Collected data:
::::::::::
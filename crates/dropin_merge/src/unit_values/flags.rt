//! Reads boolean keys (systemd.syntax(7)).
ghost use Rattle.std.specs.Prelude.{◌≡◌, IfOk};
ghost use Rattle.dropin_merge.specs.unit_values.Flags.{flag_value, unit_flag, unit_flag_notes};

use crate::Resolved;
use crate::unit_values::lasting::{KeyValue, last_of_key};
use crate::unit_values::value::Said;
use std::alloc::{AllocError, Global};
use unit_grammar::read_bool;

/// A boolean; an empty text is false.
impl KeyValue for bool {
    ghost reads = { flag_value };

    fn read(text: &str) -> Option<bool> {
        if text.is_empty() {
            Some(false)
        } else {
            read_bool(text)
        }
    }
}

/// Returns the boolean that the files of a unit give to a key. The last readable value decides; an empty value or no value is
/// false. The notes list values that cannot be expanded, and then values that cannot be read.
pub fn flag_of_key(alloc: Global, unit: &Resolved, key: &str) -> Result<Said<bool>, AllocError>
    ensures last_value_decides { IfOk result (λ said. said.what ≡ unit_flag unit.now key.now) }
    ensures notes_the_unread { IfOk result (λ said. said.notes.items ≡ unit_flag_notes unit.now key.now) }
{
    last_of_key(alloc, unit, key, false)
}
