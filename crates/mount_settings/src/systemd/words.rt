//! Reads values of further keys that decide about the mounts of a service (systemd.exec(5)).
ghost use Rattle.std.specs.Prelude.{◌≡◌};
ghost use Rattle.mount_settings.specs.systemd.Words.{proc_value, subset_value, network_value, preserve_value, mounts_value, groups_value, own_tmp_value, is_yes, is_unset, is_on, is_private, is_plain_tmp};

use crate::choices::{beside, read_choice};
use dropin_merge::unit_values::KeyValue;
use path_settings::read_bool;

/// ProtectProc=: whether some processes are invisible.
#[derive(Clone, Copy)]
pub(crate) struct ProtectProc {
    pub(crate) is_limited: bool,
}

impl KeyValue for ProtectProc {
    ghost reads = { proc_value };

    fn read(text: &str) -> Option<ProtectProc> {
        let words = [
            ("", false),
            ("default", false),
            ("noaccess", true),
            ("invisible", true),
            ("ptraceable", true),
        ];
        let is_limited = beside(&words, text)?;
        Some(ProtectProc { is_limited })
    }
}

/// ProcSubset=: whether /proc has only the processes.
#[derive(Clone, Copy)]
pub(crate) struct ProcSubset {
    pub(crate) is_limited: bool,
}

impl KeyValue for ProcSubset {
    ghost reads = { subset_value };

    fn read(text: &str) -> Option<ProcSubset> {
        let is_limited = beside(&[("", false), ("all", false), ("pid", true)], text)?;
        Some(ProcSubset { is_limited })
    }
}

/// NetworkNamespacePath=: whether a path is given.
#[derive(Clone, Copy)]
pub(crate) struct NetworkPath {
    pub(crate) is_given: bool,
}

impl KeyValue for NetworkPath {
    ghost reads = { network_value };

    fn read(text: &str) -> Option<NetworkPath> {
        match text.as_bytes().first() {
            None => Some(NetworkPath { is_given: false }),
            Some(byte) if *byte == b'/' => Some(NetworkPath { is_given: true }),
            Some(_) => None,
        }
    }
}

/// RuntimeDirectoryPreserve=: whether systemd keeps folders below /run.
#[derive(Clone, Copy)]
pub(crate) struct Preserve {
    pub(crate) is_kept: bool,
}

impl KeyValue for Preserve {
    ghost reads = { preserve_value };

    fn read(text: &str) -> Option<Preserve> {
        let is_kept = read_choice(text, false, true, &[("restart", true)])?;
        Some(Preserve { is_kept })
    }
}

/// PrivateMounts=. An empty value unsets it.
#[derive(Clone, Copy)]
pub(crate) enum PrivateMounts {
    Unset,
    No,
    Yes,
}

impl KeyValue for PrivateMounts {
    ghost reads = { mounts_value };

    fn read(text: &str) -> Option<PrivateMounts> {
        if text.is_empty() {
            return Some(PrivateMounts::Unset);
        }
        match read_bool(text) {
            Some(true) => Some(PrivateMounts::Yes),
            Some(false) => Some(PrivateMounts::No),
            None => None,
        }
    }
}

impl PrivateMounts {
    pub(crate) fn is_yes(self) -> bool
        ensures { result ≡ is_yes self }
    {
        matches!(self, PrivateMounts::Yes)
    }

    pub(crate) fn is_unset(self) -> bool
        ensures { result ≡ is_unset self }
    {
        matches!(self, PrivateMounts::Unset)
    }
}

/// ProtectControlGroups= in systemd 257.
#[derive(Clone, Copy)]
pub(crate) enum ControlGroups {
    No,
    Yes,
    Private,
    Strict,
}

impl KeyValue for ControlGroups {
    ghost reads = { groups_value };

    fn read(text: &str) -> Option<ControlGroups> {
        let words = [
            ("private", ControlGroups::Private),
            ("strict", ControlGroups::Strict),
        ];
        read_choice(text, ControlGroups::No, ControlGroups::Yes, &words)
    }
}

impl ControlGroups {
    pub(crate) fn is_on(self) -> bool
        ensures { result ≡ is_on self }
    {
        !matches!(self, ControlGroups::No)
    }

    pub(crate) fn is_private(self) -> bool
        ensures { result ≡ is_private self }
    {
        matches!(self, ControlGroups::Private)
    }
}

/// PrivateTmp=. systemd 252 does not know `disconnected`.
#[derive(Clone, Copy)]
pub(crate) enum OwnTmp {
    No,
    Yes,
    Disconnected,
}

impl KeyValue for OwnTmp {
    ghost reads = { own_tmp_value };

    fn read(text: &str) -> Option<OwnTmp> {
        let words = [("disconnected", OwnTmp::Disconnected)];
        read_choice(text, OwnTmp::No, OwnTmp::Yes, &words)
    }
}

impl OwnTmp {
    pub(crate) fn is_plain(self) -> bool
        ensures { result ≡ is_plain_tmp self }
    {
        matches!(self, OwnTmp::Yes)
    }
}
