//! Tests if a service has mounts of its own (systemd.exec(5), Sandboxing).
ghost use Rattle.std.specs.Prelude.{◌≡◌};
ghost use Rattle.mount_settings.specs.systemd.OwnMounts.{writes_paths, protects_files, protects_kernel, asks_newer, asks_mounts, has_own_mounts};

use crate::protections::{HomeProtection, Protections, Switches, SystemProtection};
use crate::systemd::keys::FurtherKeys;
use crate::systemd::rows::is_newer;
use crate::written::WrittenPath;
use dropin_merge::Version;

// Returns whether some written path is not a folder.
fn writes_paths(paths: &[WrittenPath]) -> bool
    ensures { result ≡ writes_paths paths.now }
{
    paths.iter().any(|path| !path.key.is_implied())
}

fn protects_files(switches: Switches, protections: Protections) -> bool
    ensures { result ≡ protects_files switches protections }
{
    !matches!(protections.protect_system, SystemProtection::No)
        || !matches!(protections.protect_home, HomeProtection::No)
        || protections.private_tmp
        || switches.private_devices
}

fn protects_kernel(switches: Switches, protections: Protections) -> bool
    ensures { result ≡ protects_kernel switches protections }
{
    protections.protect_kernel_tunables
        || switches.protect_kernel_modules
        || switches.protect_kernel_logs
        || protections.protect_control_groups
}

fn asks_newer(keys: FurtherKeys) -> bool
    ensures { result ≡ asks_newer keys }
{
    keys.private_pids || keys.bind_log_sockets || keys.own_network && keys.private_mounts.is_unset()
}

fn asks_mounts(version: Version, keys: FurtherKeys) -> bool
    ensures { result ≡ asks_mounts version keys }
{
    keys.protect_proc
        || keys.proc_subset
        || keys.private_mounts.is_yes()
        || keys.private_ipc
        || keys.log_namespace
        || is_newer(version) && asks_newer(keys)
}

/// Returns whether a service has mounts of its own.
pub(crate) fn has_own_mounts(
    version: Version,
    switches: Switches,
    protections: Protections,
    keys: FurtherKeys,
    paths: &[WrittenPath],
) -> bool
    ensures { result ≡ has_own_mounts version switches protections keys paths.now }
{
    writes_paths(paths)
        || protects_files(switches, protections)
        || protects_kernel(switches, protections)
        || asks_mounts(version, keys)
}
::::::::::
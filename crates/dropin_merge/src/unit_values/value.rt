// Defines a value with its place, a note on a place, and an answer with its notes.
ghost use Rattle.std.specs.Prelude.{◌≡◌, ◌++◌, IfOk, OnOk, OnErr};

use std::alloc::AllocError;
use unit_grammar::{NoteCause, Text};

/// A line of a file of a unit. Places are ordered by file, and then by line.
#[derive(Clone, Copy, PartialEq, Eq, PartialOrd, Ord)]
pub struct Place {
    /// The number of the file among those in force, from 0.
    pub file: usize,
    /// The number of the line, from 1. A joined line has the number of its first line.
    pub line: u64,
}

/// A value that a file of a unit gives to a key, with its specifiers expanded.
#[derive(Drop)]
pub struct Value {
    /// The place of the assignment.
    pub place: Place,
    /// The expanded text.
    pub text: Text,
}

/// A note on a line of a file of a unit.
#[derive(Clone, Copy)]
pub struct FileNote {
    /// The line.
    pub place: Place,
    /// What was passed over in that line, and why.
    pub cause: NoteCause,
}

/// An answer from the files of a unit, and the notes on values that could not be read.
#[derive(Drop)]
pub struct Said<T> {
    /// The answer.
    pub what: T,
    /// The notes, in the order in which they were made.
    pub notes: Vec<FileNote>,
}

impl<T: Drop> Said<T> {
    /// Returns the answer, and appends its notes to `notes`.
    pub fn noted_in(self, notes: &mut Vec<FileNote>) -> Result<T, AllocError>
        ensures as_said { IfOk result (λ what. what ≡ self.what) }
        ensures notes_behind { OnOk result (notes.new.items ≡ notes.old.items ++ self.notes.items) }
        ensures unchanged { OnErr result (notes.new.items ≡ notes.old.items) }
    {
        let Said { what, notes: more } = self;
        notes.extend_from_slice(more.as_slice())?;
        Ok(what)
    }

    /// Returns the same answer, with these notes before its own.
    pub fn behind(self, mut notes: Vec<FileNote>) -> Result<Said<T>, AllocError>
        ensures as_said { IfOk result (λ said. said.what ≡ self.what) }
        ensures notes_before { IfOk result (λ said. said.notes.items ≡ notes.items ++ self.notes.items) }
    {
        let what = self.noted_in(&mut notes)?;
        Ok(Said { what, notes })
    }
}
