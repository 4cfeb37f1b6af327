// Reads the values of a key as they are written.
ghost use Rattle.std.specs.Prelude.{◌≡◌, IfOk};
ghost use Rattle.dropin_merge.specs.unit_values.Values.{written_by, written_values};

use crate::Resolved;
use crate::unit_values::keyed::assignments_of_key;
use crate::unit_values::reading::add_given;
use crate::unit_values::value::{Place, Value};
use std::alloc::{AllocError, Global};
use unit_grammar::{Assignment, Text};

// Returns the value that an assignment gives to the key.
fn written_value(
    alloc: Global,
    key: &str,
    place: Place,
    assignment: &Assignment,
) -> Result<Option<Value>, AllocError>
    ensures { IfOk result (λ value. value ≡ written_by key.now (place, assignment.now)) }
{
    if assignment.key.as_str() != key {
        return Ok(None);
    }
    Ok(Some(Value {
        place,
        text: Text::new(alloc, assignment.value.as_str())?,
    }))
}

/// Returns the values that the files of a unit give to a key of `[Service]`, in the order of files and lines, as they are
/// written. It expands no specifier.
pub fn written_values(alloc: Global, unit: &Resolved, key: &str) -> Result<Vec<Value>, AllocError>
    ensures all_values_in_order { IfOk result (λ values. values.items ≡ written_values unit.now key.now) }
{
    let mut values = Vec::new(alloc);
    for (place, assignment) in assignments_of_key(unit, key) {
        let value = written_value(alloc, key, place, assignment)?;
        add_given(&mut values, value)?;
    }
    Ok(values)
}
::::::::::
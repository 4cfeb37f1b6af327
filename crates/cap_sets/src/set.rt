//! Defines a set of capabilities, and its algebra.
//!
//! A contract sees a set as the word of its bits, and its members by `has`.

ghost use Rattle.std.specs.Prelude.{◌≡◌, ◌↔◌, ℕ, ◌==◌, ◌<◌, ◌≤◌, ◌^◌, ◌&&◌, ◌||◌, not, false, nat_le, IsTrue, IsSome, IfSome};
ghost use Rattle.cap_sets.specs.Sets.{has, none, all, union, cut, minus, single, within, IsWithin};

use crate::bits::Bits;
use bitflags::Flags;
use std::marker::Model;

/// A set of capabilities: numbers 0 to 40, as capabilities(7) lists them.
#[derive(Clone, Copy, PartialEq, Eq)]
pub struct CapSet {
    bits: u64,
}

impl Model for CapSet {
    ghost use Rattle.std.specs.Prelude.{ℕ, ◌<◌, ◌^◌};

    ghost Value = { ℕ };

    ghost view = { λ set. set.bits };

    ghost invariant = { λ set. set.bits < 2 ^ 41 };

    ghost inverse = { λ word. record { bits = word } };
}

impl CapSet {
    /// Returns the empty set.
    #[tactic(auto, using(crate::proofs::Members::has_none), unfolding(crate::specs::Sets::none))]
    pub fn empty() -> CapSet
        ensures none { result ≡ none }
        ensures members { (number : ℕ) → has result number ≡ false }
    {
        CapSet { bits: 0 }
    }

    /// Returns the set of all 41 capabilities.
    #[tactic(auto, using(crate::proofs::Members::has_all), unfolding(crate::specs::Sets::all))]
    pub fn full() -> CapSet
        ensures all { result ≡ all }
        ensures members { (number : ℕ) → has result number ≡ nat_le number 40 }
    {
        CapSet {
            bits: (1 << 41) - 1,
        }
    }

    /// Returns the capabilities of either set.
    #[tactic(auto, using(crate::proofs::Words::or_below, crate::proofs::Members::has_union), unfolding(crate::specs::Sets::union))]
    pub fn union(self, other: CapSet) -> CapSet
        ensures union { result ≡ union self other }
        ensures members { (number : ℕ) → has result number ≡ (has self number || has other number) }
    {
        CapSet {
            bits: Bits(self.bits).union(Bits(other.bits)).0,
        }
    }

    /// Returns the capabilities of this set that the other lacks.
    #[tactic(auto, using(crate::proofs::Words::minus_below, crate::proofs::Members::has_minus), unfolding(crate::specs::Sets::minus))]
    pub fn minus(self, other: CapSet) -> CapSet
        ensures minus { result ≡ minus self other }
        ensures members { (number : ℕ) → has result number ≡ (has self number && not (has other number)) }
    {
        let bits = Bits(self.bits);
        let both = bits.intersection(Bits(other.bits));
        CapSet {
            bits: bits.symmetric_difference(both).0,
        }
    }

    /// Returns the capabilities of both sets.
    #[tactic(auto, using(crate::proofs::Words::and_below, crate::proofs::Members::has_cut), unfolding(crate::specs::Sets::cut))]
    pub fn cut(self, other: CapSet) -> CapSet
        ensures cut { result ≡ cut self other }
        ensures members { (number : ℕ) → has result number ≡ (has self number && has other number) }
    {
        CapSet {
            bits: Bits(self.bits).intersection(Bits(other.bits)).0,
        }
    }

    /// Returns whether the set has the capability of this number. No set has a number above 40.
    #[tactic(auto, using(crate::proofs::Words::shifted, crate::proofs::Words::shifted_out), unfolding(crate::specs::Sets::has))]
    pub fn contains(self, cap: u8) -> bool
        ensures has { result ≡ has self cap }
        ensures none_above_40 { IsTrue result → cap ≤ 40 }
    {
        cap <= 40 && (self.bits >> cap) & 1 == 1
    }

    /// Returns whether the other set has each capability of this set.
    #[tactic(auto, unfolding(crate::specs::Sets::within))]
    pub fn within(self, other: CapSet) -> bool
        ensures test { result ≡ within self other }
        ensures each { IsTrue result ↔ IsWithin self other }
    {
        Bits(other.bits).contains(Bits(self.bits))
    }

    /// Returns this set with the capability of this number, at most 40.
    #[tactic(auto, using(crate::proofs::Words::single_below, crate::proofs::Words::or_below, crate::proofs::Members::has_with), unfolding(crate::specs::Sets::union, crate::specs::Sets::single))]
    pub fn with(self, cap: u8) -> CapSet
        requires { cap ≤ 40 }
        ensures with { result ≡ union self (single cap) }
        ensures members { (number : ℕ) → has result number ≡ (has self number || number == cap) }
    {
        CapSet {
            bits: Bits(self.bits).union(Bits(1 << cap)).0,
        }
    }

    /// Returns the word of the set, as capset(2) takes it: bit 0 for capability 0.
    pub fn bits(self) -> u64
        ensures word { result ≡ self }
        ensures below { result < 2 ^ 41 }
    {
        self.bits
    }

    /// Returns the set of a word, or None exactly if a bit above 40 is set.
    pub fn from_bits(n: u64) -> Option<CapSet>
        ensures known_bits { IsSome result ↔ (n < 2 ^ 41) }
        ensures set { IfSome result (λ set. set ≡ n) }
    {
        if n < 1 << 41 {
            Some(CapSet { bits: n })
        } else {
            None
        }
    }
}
::::::::::
YOUR OBJECTIVE >> Word for word, restate the lines of the data above that fall between the line holding "return Ok(None);" and the line holding "expands no specifier.", inclusive, and no other lines.

ANSWER TO THE EXERCISE >>
        return Ok(None);
    }
    Ok(Some(Value {
        place,
        text: Text::new(alloc, assignment.value.as_str())?,
    }))
}

/// Returns the values that the files of a unit give to a key of `[Service]`, in the order of files and lines, as they are
/// written. It expands no specifier.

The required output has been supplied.